Ich habe das Programm inzwischen so verändert, daß die Clienten die Lags kaum noch spüren. Allerdings treten die Lags trotzdem auf und das kann zu Problemen bei der Synchronisation führen wenn die Clienten nicht wissen, welches die Tatsächliche Position des jeweils anderen Schiffes ist.

Falls jemand sich selbst von den Lags überzeugen will muß er das Serverprogramm starten und das Clientprogramm auf seine eigene IP abgleichen. Die Lags lassen sich sehr gut verfolgen, wenn man das Clientprogramm 2x in zwei verschiedenen Appletviewern ausführt.

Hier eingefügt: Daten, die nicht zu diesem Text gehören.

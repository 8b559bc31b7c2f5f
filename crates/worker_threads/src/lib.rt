//! The threads of a unit: the ingress in the calling one, and each worker in one of its own (RFC 7667, section 3.7).
//!
//! Read `scope` first, which starts the workers and joins them; then `turns` and `ingress` (what comes in), `lane` (the rings) and
//! `worker`.
#![tactic(auto)]

mod counts;
mod fault;
mod faults;
mod gear;
mod ingress;
mod item;
mod lane;
mod recess;
mod scope;
mod settling;
mod turns;
mod worker;

pub use counts::Counts;
pub use fault::UnitFault;
pub use scope::{Shared, run_scoped};
pub use turns::Inlet;
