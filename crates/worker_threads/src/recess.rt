//! Where one thread waits for others.

use std::sync::atomic::{AtomicBool, Ordering};
use std::thread::Parker;

/// Where the ingress sleeps until its workers are done.
#[derive(Drop)]
pub(crate) struct Recess {
    pub(crate) parker: Parker,
    /// Whether the ingress waits there.
    pub(crate) is_awaited: AtomicBool,
}

impl Recess {
    /// Nobody waits there yet.
    pub(crate) fn new() -> Recess {
        Recess {
            parker: Parker::new(),
            is_awaited: AtomicBool::new(false),
        }
    }

    /// A worker has done all that it was given: the ingress is woken, if it waits for that.
    pub(crate) fn note_idle(&self) {
        if self.is_awaited.load(Ordering::SeqCst) {
            self.parker.unpark();
        }
    }
}
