//! What travels through a worker's ring.

use events::Job;
use routes::{Naming, RouteNote};

/// An item of a ring.
#[derive(Drop)]
pub(crate) enum Item<J: Naming> {
    /// A job, with the note of all that was published when it was put into the ring.
    Work { job: Job, note: RouteNote<J> },
    /// The last item: the worker ends.
    Stop,
}
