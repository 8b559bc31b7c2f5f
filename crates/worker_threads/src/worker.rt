//! A worker in a thread: it does the jobs of its ring, one after the other, until it is stopped.

use crate::counts::{Station, outcome_of};
use crate::gear::Gear;
use crate::item::Item;
use crate::recess::Recess;
use events::Job;
use forwarding::{ForwardFault, Forwarded, Forwarder};
use ports::{Gate, Sink};
use rate_desk::{DeskCalls, DeskSeat, House, SeatCalls};
use routes::{Naming, RouteNote};
use rtrb::Consumer;
use std::alloc::Global;
use std::sync::Wait;

/// What the thread of a worker owns, and what it shares with others.
#[derive(Drop)]
pub(crate) struct WorkerThread<'a, D: DeskCalls, C: SeatCalls, J: Naming, S: Drop, G> {
    pub(crate) ring: Consumer<Item<J>, Global>,
    pub(crate) forwarder: Forwarder,
    pub(crate) gear: Gear<C, J, S>,
    pub(crate) house: &'a House<D, C>,
    pub(crate) gate: &'a G,
    pub(crate) station: &'a Station,
    pub(crate) recess: &'a Recess,
}

impl<'a, D: DeskCalls, C: SeatCalls, J: Naming, S: Sink + Drop, G: Gate> WorkerThread<
    'a,
    D,
    C,
    J,
    S,
    G,
> {
    /// Does all jobs before the stop, and hands its seat back.
    pub(crate) fn run<R: Wait>(self, rt: &R) -> DeskSeat<C> {
        let mut worker = self;
        worker.work_all(rt);
        let WorkerThread { gear, .. } = worker;
        gear.into_seat()
    }

    /// Does all jobs before the stop.
    fn work_all<R: Wait>(&mut self, rt: &R) {
        for _ in rt.forever() {
            match self.ring.pop() {
                Ok(Item::Work { job, note }) => self.work(rt, &job, note),
                Ok(Item::Stop) => return,
                Err(_) => {
                    self.recess.note_idle();
                    self.station.parker.park(rt);
                }
            }
        }
        unreachable!()
    }

    /// Does a job between the two calls of the gate.
    fn work<R: Wait>(&mut self, rt: &R, job: &Job, note: RouteNote<J>) {
        self.gate.hold(self.station.number);
        let done = self.forward(rt, job, note);
        self.station.tally.add(outcome_of(done));
        self.gate.done(self.station.number);
        self.station.note_done();
    }

    /// The one step of a job.
    fn forward<R: Wait>(
        &mut self,
        rt: &R,
        job: &Job,
        note: RouteNote<J>,
    ) -> Result<Forwarded, ForwardFault> {
        let Gear { seat, reader, sink } = &mut self.gear;
        if job.leg_asking().is_some() {
            self.forwarder
                .feedback(rt, self.house, seat, reader, note, job, sink)
        } else {
            self.forwarder.forward(reader, note, job, sink)
        }
    }
}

Wäre echt super wenn mir jemand helfen könnte. 

P.S.: Die Steuerung hakt momentan etwas. Ich habe sie zu Verständniszwecken etwas vereinfacht.


----------



## schalentier (14. Apr 2007)

Ich will dir ja net die gute Laune verderben, aber so wird das nix.

Hier hab ich vor ner Weile schonmal was bzgl. Spieleprogrammierung gepostet: http://www.java-forum.org/de/viewtopic.php?t=46295&highlight=

In deinem Client-Loop sind 2 sleeps? Wozu? Is doch klar, dass dann irgendwann alles Out-Of-Sync laeuft... das muss weg!

Du hast ein Netzwerk. Das lagt _immer_, denn die Packete brauchen nunmal ein paar Millisekunden von A nach B.

Wozu brauchst du in deinem Fall einen Server? Der ist ueblicherweise dazu da, um die Logik, die Physik, etc zu berechnen und die neuen Positionen von Objekten der Welt an die Clients zu verteilen. Bei dir macht er nix anderes als von A zu empfangen und an B weiterzuleiten. Also koennte A auch direkt an B senden. Damit hast du den Zeitverlust im Netzwerk schonmal halbiert.

Am Rande: Du machst dir im Server 2 Threads, mit 2 Innerclasses, die nahezu gleich sind. Das sollte auf jedenfall zu einer Klasse werden, von der du dir mehrere Instanzen erzeugst. Merke: DRY!! (Dont repeat yourself).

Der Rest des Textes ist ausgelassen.